Second IR schools referendum fails by 65 votes

SELBYVILLE — More than 9,000 voters in the Indian River School District spoke at the polls Tuesday.

The message sent by the voting majority — by a 65-vote margin — was rejection of a second major capital improvement referendum this year that called for a local debt service tax increase.

The tax would have supported a new 2,200-student Sussex Central High School, eight additional classrooms at Indian River High School and a four-classroom addition at Selbyville Middle School.

The referendum failed by 4,643 to 4,578.

“The defeat of the referendum is a serious blow to the Indian River School District,” IRSD Superintendent Mark Steele said Tuesday night.

School district officials have expressed a need for additional classroom space to address a substantial and ongoing increase in the district’s overall student enrollment.

IRSD’s “official” enrollment as of the Sept. 30 count was is 10,697 students in grades PreK-12 and it has since increased. This represents an increase of 1,826 students since 2011.

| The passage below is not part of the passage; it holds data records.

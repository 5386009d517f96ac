// This file tests inputs that fail or never end, and requests that leave their input alone.

use crate::tests::devices::Script;
use crate::tests::replies::{
    Kind, RUN, ServedRow, expect_reply, reply_on_endless_input, reply_to, request_of, row, rows,
};
use crate::tests::shared::expect_same;
use ptb_explore::Form;
use ptb_serve::{Note, Outcome};
use ptb_text::Device;
use std::alloc::{AllocError, Global};
use std::process::Abort;
use std::test::Fail;

// The result of a row whose input gives some bytes a call, and fails after these.
fn reply_on_unread_input(
    alloc: Global,
    row: &ServedRow<'_>,
    bytes: &[u8],
    piece: usize,
) -> Result<(Outcome, Vec<u8>), AllocError> {
    let request = request_of(alloc, row)?;
    let mut program = Device::new(row.program);
    let mut input = Device::new(Script {
        bytes,
        piece,
        fails: true,
    });
    Ok(reply_to(alloc, &request, &mut program, &mut input, 1))
}

// Programs, the bytes after which their input fails, the status, and what is shown.
const UNREAD_INPUTS: &[(&[u8], &[u8], u8, &[u8])] = &[
    (b"10 PRINT \"HI\"", b"", 0, b"HI\n"),
    (b"10 INPUT A", b"5\n", 0, b"A:5\n"),
    (b"10 INPUT A,B", b"5\n", 66, b"A:5\nB:"),
    (b"10 INPUT A,B", b"5\n7", 66, b"A:5\nB:"),
    (b"10 INPUT A", b"", 66, b"A:"),
    (b"10 INPUT A", b"5", 66, b"A:"),
    (
        b"10 PRINT \"A\"; X=RND(9); PRINT \"B\"; INPUT Y",
        b"",
        66,
        b"A\nB\nY:",
    ),
    (
        b"10 INPUT A; PRINT \"A\"; X=RND(9); PRINT \"B\"; INPUT Y",
        b"5\n7",
        66,
        b"A:5\nA\nB\nY:",
    ),
];

// How many bytes are read at most, and the bound for answers instead of lines.
const READINGS: &[(usize, Option<i16>)] = &[(1, None), (5000, None), (1, Some(9)), (5000, Some(9))];

// However the input of a row is read, it fails after these bytes.
fn expect_unread_input(
    rt: &impl Abort,
    alloc: Global,
    row: &ServedRow<'_>,
    bytes: &[u8],
) -> Result<(), AllocError> {
    for &(piece, choose) in READINGS {
        let reply = reply_on_unread_input(alloc, &ServedRow { choose, ..*row }, bytes, piece)?;
        expect_reply(rt, reply, (row.status, row.note), row.bytes);
    }
    Ok(())
}

// How many bytes of an input are read at most: one more than it may have.
const MOST_READ: usize = 16_777_217;

// A row whose input is endless is served by reading at most this many bytes of it.
fn expect_on_endless_input(
    rt: &impl Abort,
    alloc: Global,
    row: &ServedRow<'_>,
    most: usize,
) -> Result<(), AllocError> {
    let request = request_of(alloc, row)?;
    let (reply, given) = reply_on_endless_input(alloc, &request, row.program, 1);
    expect_reply(rt, reply, (row.status, row.note), row.bytes);
    expect_same(rt, "a limit", given <= most, true);
    Ok(())
}

// The kinds of requests that read the input to its end first.
const INPUT_FIRST: &[Kind<'static>] = &[
    Kind::Chances,
    Kind::Shares(1, Form::Two),
    Kind::Sample(3, Form::Two),
];

// Nothing is written of a table, of lists or of a sample until the input was read to its end.
#[test]
fn inputs_read_first(rt: HostRuntime) -> Result<(), Fail> {
    for &kind in INPUT_FIRST {
        let row = row!(
            b"10 P.RND(6)\n",
            b"",
            66,
            kind = kind,
            note = Some(Note::InputUnread)
        );
        expect_unread_input(&rt, rt.alloc(), &row, b"5\n")?;
        expect_on_endless_input(&rt, rt.alloc(), &row, MOST_READ)?;
    }
    Ok(())
}

// A line is read only when it is asked for, and what was shown before stays. An answer doesn't
// stand for a line that can't be read.
#[test]
fn unread_inputs(rt: HostRuntime) -> Result<(), Fail> {
    for &(program, bytes, status, shown) in UNREAD_INPUTS {
        let note = (status == 66).then_some(Note::InputUnread);
        let kind = Kind::Run(&[4, 4]);
        let row = row!(program, shown, status, kind = kind, note = note);
        expect_unread_input(&rt, rt.alloc(), &row, bytes)?;
    }
    Ok(())
}

#[test]
fn endless_inputs(rt: HostRuntime) -> Result<(), Fail> {
    let note = Some(Note::InputUnread);
    let row = row!(b"10 INPUT A\n", b"A:", 66, note = note);
    expect_on_endless_input(&rt, rt.alloc(), &row, MOST_READ)?;
    Ok(())
}

// A program that asks for no line takes none.
#[test]
fn inputs_not_asked_for(rt: HostRuntime) -> Result<(), Fail> {
    let row = row!(b"10 PRINT \"HI\"\n", b"HI\n", 0);
    expect_on_endless_input(&rt, rt.alloc(), &row, 0)?;
    Ok(())
}

const WITHOUT_INPUT: &[ServedRow<'static>] = rows! {
    (b"10 INPUT A\n", b"10 INPUT A\n", 0, kind = Kind::List),
    (b"10 INPUT A\n", b"", 0, kind = Kind::Check),
    (b"10 INPUT A,\n", b"WHAT?\n10 INPUT A,?\n", 1, kind = Kind::Check),
};

// A listing of a text or of its mistakes leaves its input alone.
#[test]
fn inputs_left_alone(rt: HostRuntime) -> Result<(), Fail> {
    for row in WITHOUT_INPUT {
        expect_on_endless_input(&rt, rt.alloc(), row, 0)?;
    }
    Ok(())
}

“We are faced with an anticipated enrollment growth of more than 1,700 students in the next six years and there is no guarantee the state of Delaware will approve funding for these construction projects in the future,” Mr. Steele said. “As a result, we may not be able to host another major capital improvement referendum for several years.”

“The vote has been taken and we’ll have to plan to move on,” said IRSD board member Jim Hudson. “We’ve got to come up with a plan on how we are going to attack it.”

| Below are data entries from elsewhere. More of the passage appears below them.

// This file makes the value of an expression, by `ValueBuilder`: each part is evaluated when it is read. It gives up
// where something is asked or goes wrong, so it needs no chooser and no marks.

ghost use Rattle.std.specs.Prelude.{◌≡◌, Ok, IfSome, IsNone, IsErr};
ghost use Rattle.ptb_expr.specs.Builders.{unary_result};

use crate::builder::{Builder, Unary};
use crate::fault::FaultKind;
use crate::operator::{Operator, absolute, apply, negate};
use crate::store::Store;
use ptb_text::Letter;
use std::marker::Model;

// What is done with a value. None where it asks or has a fault.
#[inline(always)]
fn apply_unary(unary: Unary, value: i16, store: &Store) -> Option<i16>
    ensures value { IfSome result (λ v. unary_result store.now unary value ≡ Ok v) }
    ensures none { IsNone result → IsErr (unary_result store.now unary value) }
{
    match unary {
        Unary::Itself => Some(value),
        Unary::Element => store.element(value).ok(),
        Unary::Ask => None,
        Unary::Absolute => absolute(value).ok(),
        Unary::Negate => negate(value).ok(),
    }
}

/// Evaluates parts. Contracts see the cells of its store.
#[derive(Drop)]
pub(crate) struct ValueBuilder<'a> {
    store: &'a Store,
}

impl<'a> Model for ValueBuilder<'a> {
    ghost use Rattle.ptb_expr.specs.Store.{Cells};

    ghost Value = { Cells };

    ghost view = { λ b. b.store.now };
}

impl<'a> ValueBuilder<'a> {
    /// Variables have the values of this store.
    #[inline(always)]
    pub(crate) fn new(store: &'a Store) -> ValueBuilder<'a>
        ensures { result ≡ store.now }
    {
        ValueBuilder { store }
    }
}

impl<'a> Builder for ValueBuilder<'a> {
    type Made = i16;

    ghost use Rattle.ptb_expr.specs.Builders.{MakesValue};

    ghost makes = { MakesValue };

    ghost keeps = { MakesValue };

    ghost spoils = { λ _ _ _. Unit {0} };

    ghost gives_up = { Unit {0} };

    ghost room_used = { λ _. 0 };

    ghost room_wanted = { λ _. 0 };

    #[inline(always)]
    fn number(&mut self, value: i16) -> i16 {
        value
    }

    #[inline(always)]
    fn variable(&mut self, letter: Letter) -> i16 {
        self.store.get(letter)
    }

    #[inline(always)]
    fn size(&mut self) -> i16 {
        self.store.size()
    }

    #[inline(always)]
    fn unary(&mut self, unary: Unary, part: i16, _mark: u8) -> Option<i16> {
        apply_unary(unary, part, self.store)
    }

    #[inline(always)]
    fn keep(&mut self, part: i16) -> i16 {
        part
    }

    #[inline(always)]
    fn binary(&mut self, operator: Operator, left: i16, right: i16, _mark: u8) -> Option<i16> {
        apply(operator, left, right)
    }

    #[inline(always)]
    fn malformed(&mut self, _kind: FaultKind, _mark: u8) {}

    #[inline(always)]
    fn unclosed(&mut self, _part: i16, _mark: u8) {}

    #[inline(always)]
    fn malformed_laws(&self) {}
}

In its campaign, district officials called the referendum proposal the most equitable solution to overcrowding issues, one that would save taxpayers millions of dollars over previous proposals considered by the IRSD board of education.

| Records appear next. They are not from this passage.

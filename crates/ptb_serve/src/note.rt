// This file has the lines that go to standard error, and the status of each.

ghost use Rattle.std.specs.Prelude.{◌≡◌};
ghost use Rattle.ptb_serve.specs.declared.note.Note.TheVariants.{OutOfMemory};
ghost use Rattle.ptb_serve.specs.Messages.{note_line};
ghost use Rattle.ptb_serve.specs.ServedRequests.{device_note, load_note, reports_note};
ghost use Rattle.ptb_serve.specs.Statuses.{note_status};

use ptb_explore::ExploreFault;
use ptb_text::{DeviceFault, LoadFault};
use std::alloc::AllocError;
use std::fmt;

/// Why a request was not served, or not to its end.
#[derive(Clone, Copy, Debug, PartialEq, Eq)]
pub enum Note {
    /// The program text was refused, at this source line; at line 0 as a whole.
    Load(u32, LoadFault),
    /// The program's file could not be opened, or reading it failed.
    ProgramUnread,
    /// Reading the input failed, or it has too many bytes.
    InputUnread,
    /// No run begins with the answers of `--under`, or one of their bounds is wrong.
    NoBeginning,
    /// The answers of `--after` are no run of the listing, or one of their bounds is wrong.
    NoRun,
    /// A growth was refused memory.
    OutOfMemory,
    /// A write failed.
    Unwritten,
}

impl Note {
    /// The status that the program exits with.
    pub fn status(&self) -> u8
        ensures { result ≡ note_status self.now }
    {
        match self {
            Note::Load(..) => 65,
            Note::ProgramUnread | Note::InputUnread => 66,
            Note::NoBeginning | Note::NoRun => 67,
            Note::OutOfMemory => 71,
            Note::Unwritten => 74,
        }
    }
}

impl From<(u32, LoadFault)> for Note {
    ghost from_gives = { λ refusal note. note ≡ load_note refusal };

    fn from(refusal: (u32, LoadFault)) -> Note {
        match refusal {
            (_, LoadFault::Memory) => Note::OutOfMemory,
            (_, LoadFault::Read) => Note::ProgramUnread,
            (line, fault) => Note::Load(line, fault),
        }
    }
}

impl From<DeviceFault> for Note {
    ghost from_gives = { λ fault note. note ≡ device_note fault };

    fn from(fault: DeviceFault) -> Note {
        match fault {
            DeviceFault::Read | DeviceFault::TooLong => Note::InputUnread,
            DeviceFault::Write => Note::Unwritten,
            DeviceFault::Memory => Note::OutOfMemory,
        }
    }
}

impl From<AllocError> for Note {
    ghost from_gives = { λ _ note. note ≡ OutOfMemory };

    fn from(_refusal: AllocError) -> Note {
        Note::OutOfMemory
    }
}

impl From<ExploreFault> for Note {
    ghost from_gives = { λ fault note. note ≡ reports_note fault };

    fn from(fault: ExploreFault) -> Note {
        match fault {
            ExploreFault::Memory(_) => Note::OutOfMemory,
            ExploreFault::Write(_) => Note::Unwritten,
        }
    }
}

// Writes why a program's text was refused, and at which line where it is not the text as a whole.
fn write_refusal<W: fmt::Write>(
    line: u32,
    fault: LoadFault,
    f: &mut fmt::Formatter<W>,
) -> fmt::Result {
    if line == 0 {
        return write!(f, "ptb: {fault}");
    }
    write!(f, "ptb: line {line}: {fault}")
}

impl fmt::Display for Note {
    ghost output = { λ note. note_line note };

    fn fmt<W: fmt::Write>(&self, f: &mut fmt::Formatter<W>) -> fmt::Result {
        f.write_str(match self {
            Note::Load(line, fault) => return write_refusal(*line, *fault, f),
            Note::ProgramUnread => "ptb: cannot read the program",
            Note::InputUnread => "ptb: cannot read the input",
            Note::NoBeginning => "ptb: no run begins so",
            Note::NoRun => "ptb: not a run",
            Note::OutOfMemory => "ptb: out of memory",
            Note::Unwritten => "ptb: cannot write",
        })
    }
}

The district is already eyeing modular classroom units at several school sites as temporary relief for major overcrowding.

At its March 25 meeting, the school board voted 9-0 to pursue six portable units equating to a dozen classrooms – eight at Sussex Central High School, and two each at North Georgetown Elementary School and Selbyville Middle School. More portables will now likely be needed.

“The district has no choice but to utilize portable classrooms to alleviate overcrowding in our schools. We project the need for about 22 portables across the district in the next five years,” said Mr. Steele.

The cost for each unit (two classrooms) for a mandated 60-month lease is projected to be $139,530.

“The cost of portable classrooms is astronomical, and these units must be funded through our operating budget,” said Mr. Steele. “This will likely necessitate the need for a current expense referendum sooner than we expected. However, the district respects the democratic process and will examine all possible options to keep our students safe and provide them with the best learning environment possible.”

The May 7 referendum request did not include the current expense tax hike that was defeated along with the major capital pitch in February.

On Feb. 5, voters by a 3,866-to-3,202 margin rejected the $158.1 million major capital improvement project that carried a 40-percent $63.4 million local share. The current expense request for a 9-cent increase was defeated by a 3,836-to-3,124 tally.

The referendum would have meant a maximum possible tax increase of $68.96 for the average district property owner. This increase was to be phased in over a four-year period.

Construction of the new Sussex Central High School would have allowed the district to renovate and repurpose two existing school buildings. Millsboro Middle School would move into the existing Sussex Central High School building, with Millsboro Middle School repurposed as an elementary school.